[Saved data entries]
·····

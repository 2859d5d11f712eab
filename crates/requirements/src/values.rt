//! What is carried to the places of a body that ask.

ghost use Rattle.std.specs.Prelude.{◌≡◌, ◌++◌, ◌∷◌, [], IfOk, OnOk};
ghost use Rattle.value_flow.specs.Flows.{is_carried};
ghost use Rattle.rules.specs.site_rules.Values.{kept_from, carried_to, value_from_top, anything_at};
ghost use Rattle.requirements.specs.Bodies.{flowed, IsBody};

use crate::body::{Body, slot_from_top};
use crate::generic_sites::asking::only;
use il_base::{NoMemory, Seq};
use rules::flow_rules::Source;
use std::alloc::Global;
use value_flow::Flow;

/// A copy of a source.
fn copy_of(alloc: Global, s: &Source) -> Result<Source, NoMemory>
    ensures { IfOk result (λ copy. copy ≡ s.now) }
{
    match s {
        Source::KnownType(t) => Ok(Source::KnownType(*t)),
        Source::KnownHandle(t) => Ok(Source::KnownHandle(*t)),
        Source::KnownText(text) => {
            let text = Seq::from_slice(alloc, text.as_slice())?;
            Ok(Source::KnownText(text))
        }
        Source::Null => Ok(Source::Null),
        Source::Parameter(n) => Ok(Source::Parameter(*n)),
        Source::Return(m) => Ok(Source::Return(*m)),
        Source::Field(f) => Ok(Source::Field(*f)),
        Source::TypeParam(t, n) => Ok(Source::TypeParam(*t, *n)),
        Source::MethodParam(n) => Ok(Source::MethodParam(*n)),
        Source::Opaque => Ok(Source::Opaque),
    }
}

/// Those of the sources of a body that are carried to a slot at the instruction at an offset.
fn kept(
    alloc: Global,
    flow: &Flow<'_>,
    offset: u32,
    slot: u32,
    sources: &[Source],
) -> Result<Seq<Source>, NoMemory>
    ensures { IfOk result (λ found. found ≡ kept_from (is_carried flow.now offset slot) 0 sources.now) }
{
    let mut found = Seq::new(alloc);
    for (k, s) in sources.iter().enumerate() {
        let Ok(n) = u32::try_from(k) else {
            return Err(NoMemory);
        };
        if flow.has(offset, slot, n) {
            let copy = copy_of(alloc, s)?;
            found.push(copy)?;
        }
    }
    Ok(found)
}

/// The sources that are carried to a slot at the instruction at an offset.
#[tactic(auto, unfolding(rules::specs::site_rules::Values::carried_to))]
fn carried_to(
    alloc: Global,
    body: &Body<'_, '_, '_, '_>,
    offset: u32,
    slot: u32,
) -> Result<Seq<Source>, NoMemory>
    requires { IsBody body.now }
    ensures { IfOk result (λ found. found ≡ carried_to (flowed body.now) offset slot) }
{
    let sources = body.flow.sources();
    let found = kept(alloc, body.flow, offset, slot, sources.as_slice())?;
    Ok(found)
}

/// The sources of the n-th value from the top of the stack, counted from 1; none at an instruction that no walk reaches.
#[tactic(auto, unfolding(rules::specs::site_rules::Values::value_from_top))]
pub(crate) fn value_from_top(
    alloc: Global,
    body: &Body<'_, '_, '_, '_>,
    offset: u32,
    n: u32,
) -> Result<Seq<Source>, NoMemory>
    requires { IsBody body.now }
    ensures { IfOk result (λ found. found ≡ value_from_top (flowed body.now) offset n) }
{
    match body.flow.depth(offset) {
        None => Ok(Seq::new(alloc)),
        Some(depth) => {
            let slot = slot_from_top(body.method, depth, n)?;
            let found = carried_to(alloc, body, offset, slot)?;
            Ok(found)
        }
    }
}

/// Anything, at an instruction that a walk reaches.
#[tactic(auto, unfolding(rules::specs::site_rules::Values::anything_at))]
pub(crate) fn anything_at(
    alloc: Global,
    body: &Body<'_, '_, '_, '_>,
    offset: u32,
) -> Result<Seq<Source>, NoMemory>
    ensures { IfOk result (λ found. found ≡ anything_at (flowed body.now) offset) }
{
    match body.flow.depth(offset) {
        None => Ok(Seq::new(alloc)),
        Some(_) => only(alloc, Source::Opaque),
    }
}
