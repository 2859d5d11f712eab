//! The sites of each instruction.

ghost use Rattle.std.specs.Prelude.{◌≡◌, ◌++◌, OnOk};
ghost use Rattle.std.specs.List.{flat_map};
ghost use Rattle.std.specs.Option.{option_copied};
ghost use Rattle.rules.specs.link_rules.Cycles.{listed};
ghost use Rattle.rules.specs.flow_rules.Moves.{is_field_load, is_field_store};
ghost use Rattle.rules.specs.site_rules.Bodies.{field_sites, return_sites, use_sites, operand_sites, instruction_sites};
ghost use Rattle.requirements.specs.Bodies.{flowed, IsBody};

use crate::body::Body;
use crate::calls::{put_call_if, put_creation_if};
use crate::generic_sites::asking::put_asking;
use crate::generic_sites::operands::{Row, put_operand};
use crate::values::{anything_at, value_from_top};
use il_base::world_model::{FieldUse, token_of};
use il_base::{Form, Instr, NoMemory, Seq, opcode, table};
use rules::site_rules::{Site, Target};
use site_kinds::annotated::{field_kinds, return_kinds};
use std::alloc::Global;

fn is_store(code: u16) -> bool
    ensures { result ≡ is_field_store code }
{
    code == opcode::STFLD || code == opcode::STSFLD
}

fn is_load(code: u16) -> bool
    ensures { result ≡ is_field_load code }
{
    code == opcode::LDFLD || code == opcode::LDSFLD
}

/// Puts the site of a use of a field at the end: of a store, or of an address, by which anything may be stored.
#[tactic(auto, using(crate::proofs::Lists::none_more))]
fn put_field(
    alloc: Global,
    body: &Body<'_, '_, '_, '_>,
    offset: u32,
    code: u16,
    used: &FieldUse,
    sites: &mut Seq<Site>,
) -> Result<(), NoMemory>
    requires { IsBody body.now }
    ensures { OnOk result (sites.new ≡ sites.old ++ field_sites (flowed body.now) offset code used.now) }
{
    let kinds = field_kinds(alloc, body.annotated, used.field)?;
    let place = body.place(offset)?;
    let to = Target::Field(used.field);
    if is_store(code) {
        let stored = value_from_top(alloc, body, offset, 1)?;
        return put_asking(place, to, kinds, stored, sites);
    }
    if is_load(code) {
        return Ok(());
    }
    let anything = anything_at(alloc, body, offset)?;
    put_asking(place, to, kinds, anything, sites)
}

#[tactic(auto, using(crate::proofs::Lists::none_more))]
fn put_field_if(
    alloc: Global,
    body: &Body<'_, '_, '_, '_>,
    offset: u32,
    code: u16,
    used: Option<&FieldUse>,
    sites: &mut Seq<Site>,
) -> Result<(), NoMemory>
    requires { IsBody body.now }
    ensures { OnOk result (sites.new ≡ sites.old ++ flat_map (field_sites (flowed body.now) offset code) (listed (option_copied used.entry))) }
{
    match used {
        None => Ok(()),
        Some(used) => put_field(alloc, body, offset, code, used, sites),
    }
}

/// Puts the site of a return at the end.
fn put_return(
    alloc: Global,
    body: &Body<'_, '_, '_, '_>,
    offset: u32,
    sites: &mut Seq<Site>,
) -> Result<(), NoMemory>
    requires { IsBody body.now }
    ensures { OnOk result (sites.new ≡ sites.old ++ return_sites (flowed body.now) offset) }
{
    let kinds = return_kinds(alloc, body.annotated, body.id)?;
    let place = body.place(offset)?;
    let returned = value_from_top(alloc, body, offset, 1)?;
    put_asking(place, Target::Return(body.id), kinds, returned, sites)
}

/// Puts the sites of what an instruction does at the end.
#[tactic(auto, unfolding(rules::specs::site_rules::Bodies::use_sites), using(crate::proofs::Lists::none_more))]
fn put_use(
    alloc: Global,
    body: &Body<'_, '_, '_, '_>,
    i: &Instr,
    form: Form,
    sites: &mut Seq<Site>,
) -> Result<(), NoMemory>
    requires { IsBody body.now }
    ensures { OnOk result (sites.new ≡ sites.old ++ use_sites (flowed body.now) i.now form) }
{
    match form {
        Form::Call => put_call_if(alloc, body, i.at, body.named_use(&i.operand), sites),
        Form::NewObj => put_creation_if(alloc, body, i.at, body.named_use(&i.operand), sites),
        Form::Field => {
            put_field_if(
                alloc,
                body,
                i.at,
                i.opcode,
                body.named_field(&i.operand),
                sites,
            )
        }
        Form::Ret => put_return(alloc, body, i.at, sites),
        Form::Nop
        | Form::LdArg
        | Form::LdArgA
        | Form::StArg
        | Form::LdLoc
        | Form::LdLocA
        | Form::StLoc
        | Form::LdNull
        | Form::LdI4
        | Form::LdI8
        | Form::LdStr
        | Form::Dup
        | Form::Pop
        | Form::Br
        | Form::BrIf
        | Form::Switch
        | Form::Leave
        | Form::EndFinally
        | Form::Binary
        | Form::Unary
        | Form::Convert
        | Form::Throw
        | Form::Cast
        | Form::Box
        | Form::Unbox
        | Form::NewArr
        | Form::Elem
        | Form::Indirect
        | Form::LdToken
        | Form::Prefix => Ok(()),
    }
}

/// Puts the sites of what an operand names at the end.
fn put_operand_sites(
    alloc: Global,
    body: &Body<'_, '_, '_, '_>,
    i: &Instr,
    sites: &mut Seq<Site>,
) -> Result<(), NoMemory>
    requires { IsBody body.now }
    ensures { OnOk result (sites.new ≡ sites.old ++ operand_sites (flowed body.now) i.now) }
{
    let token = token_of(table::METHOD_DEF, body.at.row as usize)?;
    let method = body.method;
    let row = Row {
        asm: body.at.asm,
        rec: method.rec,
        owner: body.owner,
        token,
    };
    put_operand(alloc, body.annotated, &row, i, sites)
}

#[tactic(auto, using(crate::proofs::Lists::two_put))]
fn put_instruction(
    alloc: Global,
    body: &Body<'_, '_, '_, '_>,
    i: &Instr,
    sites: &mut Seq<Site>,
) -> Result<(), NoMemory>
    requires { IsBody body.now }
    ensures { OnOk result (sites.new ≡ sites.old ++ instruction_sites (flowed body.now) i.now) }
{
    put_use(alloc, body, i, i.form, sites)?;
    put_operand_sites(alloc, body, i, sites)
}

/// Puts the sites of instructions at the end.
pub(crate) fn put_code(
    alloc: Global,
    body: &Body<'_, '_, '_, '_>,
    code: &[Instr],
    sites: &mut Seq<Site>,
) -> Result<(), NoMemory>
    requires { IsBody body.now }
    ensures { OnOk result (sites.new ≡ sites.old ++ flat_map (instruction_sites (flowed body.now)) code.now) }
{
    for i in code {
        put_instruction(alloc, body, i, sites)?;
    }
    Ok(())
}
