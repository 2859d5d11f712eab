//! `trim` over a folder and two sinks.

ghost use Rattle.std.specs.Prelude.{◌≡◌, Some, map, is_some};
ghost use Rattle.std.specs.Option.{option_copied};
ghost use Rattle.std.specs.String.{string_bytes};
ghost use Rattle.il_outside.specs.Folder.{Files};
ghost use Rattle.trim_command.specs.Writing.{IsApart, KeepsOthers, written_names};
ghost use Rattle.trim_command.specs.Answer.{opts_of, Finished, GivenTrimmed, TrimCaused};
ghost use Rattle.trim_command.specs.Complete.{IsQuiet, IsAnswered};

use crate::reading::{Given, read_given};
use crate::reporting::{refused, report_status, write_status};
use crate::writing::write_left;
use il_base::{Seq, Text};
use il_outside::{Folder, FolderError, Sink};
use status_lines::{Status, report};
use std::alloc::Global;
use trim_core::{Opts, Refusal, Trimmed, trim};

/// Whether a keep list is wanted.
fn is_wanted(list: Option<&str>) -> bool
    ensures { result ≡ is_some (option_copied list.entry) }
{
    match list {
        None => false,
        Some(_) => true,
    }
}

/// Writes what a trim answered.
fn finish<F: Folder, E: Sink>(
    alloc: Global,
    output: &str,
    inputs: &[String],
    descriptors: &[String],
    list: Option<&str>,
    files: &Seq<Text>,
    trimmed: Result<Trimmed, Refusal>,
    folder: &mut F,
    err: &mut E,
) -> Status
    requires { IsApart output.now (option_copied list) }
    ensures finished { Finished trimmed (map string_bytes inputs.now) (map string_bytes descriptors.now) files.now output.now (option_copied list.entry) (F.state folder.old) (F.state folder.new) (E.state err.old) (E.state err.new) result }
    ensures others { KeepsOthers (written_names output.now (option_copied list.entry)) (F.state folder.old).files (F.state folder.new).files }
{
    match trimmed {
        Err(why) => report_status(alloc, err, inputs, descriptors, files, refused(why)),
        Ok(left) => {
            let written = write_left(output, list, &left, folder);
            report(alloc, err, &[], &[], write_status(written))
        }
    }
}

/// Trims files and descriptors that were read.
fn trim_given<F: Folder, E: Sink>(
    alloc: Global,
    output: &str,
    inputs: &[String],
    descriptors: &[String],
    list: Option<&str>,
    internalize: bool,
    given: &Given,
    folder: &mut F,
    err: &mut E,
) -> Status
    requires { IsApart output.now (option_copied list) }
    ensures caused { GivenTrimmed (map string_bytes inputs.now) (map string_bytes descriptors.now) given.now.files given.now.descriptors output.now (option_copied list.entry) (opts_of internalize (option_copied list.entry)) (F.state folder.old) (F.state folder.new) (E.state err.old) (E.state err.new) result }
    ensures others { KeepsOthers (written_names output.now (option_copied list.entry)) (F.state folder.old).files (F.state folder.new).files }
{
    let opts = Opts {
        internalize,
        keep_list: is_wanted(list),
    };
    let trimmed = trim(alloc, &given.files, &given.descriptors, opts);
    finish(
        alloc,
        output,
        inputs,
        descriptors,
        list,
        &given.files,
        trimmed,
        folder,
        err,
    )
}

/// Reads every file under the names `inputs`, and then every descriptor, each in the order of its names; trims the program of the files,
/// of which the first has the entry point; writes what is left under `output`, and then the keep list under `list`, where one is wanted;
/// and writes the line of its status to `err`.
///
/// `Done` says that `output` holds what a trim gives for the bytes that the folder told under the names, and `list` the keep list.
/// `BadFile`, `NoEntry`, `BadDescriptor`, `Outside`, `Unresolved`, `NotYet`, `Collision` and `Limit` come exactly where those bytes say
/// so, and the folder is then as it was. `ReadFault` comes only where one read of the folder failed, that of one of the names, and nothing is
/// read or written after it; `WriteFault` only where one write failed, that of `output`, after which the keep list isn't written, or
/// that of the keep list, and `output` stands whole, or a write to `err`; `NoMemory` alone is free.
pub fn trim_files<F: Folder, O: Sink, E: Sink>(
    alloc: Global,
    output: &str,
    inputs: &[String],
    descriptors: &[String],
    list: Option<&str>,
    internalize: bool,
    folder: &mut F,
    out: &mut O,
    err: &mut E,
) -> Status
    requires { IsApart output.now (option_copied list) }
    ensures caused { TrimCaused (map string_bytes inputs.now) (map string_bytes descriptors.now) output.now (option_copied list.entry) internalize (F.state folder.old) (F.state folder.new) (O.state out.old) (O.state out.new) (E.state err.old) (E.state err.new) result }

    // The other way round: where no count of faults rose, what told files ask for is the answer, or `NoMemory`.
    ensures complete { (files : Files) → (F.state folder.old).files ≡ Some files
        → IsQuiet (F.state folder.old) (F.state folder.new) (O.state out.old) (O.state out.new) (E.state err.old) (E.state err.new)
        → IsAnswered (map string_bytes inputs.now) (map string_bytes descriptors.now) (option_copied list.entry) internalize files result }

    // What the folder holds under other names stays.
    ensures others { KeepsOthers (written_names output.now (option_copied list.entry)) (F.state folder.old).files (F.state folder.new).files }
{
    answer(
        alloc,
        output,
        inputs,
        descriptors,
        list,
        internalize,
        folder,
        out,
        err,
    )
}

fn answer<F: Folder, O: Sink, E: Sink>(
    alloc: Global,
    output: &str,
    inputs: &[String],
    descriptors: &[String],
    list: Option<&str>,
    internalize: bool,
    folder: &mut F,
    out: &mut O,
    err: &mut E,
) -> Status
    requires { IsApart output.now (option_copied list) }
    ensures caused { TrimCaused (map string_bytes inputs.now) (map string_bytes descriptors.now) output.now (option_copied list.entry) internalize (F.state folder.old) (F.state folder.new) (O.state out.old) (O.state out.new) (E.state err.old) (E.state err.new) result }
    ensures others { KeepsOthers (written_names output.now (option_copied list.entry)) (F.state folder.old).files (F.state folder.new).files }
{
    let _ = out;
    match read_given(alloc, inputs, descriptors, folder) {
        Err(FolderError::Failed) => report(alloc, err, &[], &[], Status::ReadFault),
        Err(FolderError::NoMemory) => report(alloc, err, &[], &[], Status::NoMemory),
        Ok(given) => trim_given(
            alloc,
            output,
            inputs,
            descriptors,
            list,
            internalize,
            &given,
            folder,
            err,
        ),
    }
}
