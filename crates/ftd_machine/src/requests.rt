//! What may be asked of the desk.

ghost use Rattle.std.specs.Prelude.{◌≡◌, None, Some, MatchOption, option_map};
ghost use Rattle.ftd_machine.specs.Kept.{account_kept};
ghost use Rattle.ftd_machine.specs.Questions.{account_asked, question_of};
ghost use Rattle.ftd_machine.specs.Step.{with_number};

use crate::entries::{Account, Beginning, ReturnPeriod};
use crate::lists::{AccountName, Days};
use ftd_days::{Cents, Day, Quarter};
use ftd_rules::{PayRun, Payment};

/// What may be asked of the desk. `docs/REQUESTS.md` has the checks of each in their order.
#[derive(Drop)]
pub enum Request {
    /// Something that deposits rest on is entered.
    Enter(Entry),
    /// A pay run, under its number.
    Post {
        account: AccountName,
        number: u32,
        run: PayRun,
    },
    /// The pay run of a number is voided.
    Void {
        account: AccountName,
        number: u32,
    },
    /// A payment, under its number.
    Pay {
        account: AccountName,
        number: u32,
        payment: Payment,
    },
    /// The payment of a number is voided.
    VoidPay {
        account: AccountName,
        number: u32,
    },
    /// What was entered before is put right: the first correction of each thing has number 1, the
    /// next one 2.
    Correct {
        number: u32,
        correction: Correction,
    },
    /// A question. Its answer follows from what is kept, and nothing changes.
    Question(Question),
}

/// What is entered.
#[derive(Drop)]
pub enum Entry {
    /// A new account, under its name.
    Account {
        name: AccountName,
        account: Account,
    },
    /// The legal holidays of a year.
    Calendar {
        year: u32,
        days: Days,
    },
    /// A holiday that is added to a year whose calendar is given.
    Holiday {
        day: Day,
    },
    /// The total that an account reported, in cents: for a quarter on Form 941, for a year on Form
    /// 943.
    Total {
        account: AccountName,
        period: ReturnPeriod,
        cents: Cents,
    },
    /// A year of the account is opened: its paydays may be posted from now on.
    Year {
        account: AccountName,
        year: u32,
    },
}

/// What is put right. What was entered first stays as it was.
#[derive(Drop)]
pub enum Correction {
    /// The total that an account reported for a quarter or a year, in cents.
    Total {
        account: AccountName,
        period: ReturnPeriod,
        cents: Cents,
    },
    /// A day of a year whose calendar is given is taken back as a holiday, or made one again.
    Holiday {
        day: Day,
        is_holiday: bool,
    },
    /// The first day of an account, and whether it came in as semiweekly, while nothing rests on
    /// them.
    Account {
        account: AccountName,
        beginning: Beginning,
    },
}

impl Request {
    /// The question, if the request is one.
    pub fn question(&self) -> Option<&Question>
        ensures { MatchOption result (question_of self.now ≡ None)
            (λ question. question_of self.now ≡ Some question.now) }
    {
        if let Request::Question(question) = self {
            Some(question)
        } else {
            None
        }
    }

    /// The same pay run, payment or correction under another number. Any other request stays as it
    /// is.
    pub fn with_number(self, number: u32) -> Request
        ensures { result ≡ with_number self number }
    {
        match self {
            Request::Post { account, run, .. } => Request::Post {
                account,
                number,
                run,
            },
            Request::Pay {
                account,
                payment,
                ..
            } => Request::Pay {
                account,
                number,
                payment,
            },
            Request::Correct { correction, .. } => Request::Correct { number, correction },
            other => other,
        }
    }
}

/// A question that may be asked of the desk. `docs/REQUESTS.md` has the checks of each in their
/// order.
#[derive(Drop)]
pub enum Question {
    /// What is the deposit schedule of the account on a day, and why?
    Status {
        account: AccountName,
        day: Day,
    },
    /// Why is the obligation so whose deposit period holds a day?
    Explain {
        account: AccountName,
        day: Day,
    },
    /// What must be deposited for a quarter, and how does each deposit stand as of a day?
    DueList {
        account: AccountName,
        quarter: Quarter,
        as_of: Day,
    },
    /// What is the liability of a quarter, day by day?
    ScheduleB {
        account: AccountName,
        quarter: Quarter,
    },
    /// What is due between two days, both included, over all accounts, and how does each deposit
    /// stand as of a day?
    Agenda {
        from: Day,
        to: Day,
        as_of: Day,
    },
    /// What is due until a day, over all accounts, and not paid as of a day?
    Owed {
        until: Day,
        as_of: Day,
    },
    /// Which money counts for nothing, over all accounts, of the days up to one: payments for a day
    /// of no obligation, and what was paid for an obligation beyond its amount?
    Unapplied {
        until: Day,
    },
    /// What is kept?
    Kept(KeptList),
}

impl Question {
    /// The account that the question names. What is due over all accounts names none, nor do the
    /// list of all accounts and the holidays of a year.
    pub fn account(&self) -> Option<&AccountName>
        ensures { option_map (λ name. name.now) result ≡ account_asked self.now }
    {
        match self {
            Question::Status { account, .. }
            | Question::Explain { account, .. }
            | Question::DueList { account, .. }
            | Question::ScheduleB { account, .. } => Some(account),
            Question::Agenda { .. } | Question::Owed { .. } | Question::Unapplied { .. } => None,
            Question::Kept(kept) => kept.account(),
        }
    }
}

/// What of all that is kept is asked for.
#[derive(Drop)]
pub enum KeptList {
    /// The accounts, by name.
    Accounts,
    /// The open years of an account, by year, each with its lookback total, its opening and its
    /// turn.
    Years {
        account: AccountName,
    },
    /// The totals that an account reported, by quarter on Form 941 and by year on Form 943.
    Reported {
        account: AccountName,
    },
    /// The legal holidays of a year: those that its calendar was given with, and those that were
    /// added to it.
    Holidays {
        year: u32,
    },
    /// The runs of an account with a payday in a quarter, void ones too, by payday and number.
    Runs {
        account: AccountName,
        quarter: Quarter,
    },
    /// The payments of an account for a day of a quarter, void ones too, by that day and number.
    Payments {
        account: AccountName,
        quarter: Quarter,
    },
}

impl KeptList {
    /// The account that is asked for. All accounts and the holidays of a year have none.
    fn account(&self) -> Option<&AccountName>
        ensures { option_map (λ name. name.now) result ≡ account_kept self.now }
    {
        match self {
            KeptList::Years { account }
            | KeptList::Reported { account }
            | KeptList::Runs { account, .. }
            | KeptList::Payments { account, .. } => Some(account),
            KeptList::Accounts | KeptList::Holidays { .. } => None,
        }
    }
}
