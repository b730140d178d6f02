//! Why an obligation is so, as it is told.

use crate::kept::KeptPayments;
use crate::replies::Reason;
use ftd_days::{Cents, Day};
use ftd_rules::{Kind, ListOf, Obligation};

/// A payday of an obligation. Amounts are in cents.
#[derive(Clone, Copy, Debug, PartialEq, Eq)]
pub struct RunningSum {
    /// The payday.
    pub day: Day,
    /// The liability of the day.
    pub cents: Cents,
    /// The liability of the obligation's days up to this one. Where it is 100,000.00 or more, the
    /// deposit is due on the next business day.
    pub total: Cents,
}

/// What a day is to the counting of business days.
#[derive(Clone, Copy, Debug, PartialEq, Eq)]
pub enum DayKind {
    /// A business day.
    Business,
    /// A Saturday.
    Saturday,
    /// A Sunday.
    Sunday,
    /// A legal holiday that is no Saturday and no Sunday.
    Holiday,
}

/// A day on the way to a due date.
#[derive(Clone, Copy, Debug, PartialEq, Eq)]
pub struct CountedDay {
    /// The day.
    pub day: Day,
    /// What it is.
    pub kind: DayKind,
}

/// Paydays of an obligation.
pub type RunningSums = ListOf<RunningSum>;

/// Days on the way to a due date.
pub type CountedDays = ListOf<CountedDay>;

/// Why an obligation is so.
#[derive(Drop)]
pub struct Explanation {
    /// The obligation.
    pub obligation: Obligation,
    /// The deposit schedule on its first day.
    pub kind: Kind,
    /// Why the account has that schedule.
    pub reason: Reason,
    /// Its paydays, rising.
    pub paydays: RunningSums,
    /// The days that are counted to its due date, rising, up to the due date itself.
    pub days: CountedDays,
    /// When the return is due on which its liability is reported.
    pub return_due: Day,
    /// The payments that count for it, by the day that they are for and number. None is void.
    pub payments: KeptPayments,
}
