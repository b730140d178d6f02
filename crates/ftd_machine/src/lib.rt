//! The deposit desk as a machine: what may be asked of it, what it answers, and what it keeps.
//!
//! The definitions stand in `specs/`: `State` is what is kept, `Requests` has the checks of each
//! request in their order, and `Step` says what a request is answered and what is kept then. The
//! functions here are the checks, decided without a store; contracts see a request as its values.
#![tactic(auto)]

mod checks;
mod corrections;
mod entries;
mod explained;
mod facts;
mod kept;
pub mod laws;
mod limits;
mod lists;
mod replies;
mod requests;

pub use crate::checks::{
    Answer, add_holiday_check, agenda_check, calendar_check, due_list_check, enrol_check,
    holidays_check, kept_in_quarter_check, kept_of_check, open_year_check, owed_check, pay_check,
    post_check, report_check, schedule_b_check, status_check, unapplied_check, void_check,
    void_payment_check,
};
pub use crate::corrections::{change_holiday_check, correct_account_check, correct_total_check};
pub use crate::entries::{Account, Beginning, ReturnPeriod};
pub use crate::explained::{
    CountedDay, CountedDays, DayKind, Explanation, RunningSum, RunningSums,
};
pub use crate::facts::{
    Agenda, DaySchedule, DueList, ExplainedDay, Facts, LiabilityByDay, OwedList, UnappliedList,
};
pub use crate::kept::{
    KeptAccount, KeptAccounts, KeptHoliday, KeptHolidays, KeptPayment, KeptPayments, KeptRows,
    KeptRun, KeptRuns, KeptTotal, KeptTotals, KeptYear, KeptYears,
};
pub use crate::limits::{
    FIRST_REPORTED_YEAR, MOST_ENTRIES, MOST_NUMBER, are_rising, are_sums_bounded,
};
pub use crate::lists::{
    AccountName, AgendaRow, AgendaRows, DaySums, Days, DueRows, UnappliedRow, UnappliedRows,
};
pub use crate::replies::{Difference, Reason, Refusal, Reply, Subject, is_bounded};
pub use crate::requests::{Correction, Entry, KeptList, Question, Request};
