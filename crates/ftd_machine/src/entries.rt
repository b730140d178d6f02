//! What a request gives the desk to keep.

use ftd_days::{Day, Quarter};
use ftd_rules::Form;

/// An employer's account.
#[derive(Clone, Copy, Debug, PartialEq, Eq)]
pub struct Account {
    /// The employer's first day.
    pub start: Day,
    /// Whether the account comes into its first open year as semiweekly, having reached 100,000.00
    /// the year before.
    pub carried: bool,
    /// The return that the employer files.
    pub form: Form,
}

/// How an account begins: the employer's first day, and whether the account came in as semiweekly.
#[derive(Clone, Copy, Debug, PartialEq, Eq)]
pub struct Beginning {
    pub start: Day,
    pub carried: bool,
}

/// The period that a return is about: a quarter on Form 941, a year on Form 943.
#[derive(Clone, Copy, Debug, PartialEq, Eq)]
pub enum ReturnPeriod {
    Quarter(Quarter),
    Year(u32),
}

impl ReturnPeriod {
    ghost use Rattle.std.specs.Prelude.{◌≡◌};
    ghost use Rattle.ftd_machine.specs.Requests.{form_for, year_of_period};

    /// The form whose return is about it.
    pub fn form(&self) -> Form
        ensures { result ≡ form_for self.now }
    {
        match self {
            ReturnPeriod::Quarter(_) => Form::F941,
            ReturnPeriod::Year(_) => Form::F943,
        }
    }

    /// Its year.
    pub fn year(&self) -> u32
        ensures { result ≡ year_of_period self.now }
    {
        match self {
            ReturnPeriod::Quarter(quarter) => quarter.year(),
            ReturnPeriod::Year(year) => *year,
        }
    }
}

·····

◆ **What to do**
Each line above where the word "date" occurs should be returned in full.

◆ **Answer to this exercise**
/// A day on the way to a due date.
/// Days on the way to a due date.
    /// The days that are counted to its due date, rising, up to the due date itself.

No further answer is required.